The data START
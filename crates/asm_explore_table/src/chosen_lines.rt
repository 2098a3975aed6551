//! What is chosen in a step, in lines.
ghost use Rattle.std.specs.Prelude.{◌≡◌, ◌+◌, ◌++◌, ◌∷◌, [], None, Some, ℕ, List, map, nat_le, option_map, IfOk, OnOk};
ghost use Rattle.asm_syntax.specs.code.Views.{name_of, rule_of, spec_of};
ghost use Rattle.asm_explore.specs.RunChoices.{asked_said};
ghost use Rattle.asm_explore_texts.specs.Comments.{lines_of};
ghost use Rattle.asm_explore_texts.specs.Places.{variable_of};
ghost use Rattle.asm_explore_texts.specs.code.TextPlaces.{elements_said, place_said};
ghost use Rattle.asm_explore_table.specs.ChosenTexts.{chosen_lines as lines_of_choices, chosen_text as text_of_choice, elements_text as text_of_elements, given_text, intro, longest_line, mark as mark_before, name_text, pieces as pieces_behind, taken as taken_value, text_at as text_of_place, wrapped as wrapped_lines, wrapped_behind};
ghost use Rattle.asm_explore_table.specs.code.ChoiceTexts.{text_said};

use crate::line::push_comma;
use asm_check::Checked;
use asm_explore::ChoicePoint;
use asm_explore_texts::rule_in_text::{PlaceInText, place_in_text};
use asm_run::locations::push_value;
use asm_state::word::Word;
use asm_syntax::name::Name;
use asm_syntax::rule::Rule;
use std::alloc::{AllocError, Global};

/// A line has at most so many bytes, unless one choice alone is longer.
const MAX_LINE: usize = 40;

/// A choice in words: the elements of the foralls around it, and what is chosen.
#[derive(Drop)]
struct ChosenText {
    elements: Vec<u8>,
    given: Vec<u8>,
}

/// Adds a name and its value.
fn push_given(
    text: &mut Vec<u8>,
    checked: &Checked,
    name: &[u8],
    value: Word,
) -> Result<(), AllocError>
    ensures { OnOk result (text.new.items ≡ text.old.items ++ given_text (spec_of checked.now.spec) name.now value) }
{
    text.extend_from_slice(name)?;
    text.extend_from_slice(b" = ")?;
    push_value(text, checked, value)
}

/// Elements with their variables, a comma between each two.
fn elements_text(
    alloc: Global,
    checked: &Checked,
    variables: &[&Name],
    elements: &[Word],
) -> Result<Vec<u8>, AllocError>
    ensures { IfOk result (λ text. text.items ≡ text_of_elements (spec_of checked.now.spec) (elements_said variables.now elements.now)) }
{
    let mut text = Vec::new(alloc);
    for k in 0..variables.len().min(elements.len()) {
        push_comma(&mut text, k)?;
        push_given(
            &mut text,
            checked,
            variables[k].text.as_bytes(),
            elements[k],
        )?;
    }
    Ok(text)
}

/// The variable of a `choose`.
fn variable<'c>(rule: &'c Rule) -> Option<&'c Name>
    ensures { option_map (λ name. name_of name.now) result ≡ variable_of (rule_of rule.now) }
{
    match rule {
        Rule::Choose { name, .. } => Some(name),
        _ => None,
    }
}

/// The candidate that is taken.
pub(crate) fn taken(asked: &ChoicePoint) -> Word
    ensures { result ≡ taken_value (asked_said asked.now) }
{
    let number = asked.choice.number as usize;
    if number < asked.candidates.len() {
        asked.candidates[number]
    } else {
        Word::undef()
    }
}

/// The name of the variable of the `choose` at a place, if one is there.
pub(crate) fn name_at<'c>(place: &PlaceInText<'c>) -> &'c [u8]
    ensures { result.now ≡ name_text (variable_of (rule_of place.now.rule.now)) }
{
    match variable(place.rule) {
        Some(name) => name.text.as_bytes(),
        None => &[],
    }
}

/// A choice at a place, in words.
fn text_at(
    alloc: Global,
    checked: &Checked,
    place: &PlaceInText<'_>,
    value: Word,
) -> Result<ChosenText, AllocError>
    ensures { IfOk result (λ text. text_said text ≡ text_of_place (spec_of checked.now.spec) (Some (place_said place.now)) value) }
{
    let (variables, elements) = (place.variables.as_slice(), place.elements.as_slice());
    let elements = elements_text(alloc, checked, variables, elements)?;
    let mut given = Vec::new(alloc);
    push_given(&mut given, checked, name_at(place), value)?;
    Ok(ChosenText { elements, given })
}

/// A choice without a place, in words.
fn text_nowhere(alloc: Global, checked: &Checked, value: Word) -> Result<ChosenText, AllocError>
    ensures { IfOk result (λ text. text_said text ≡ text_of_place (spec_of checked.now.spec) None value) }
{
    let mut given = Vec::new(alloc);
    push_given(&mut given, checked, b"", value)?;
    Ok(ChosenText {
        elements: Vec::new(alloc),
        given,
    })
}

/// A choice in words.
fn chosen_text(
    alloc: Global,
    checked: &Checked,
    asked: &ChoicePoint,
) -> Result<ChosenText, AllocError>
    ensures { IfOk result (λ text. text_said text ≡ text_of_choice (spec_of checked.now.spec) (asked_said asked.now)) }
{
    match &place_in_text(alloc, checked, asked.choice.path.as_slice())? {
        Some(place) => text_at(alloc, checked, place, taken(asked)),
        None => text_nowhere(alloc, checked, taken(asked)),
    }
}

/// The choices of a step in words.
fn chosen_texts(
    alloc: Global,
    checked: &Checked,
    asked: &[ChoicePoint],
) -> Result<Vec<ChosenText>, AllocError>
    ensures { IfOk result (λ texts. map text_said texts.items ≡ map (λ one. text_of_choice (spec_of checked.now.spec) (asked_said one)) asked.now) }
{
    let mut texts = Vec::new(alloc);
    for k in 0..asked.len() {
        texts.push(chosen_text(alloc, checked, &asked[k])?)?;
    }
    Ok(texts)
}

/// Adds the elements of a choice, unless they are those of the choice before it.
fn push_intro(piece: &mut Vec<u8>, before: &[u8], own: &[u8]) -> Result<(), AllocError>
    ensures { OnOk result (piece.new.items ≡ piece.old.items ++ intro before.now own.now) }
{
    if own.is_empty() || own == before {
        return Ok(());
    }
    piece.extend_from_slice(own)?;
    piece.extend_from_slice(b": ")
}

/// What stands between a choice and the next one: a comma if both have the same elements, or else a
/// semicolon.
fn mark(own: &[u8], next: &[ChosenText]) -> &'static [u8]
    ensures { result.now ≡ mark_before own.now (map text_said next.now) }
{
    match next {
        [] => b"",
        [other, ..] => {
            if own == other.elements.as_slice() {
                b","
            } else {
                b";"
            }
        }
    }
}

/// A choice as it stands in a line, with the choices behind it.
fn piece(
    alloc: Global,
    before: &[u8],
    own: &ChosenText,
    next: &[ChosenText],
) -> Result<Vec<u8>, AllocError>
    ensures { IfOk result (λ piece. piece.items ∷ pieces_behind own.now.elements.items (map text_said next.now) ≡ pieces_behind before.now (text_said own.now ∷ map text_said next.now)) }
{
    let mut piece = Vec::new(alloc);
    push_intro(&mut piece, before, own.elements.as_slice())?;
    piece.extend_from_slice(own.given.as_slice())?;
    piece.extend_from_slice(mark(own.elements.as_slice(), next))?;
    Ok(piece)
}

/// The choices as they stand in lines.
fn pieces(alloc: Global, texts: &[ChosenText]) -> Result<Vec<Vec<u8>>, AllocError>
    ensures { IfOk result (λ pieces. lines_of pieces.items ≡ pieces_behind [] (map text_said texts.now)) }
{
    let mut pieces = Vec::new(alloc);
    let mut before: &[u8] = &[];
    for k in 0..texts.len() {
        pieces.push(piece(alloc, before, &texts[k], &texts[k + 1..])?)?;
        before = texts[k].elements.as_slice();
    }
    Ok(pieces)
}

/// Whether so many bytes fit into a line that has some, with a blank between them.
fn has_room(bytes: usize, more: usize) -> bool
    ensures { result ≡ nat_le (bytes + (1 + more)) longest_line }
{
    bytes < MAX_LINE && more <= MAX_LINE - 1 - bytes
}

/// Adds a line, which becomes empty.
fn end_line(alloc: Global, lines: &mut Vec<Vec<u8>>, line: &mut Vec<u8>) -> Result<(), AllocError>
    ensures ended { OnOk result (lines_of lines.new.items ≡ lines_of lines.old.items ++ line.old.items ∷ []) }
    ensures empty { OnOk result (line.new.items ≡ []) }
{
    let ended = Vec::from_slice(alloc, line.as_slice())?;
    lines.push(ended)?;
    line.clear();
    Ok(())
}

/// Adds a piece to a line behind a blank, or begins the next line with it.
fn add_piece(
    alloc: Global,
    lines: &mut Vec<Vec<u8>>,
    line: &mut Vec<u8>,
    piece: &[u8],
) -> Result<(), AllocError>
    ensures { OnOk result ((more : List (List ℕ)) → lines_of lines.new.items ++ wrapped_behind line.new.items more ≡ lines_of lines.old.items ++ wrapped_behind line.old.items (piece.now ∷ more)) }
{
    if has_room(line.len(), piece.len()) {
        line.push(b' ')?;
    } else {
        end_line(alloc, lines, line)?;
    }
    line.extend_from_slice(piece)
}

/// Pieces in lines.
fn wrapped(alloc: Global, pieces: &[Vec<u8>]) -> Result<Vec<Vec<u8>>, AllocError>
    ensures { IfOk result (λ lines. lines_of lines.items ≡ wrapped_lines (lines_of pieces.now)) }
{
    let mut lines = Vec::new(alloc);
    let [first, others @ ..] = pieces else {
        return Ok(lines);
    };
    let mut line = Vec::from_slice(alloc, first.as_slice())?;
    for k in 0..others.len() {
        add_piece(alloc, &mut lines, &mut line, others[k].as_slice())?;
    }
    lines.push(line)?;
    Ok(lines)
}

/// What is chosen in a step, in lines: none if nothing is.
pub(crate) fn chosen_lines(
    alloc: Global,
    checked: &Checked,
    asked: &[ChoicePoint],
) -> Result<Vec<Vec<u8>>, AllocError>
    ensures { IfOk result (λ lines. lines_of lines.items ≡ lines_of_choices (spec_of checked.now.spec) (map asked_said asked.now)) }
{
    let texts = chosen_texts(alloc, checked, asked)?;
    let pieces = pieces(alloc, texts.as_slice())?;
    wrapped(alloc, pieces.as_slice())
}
The data END
What the task asks »
Copy every line where the word "between" is present in the entries above.

Exercise response »
/// Elements with their variables, a comma between each two.
/// What stands between a choice and the next one: a comma if both have the same elements, or else a
/// Whether so many bytes fit into a line that has some, with a blank between them.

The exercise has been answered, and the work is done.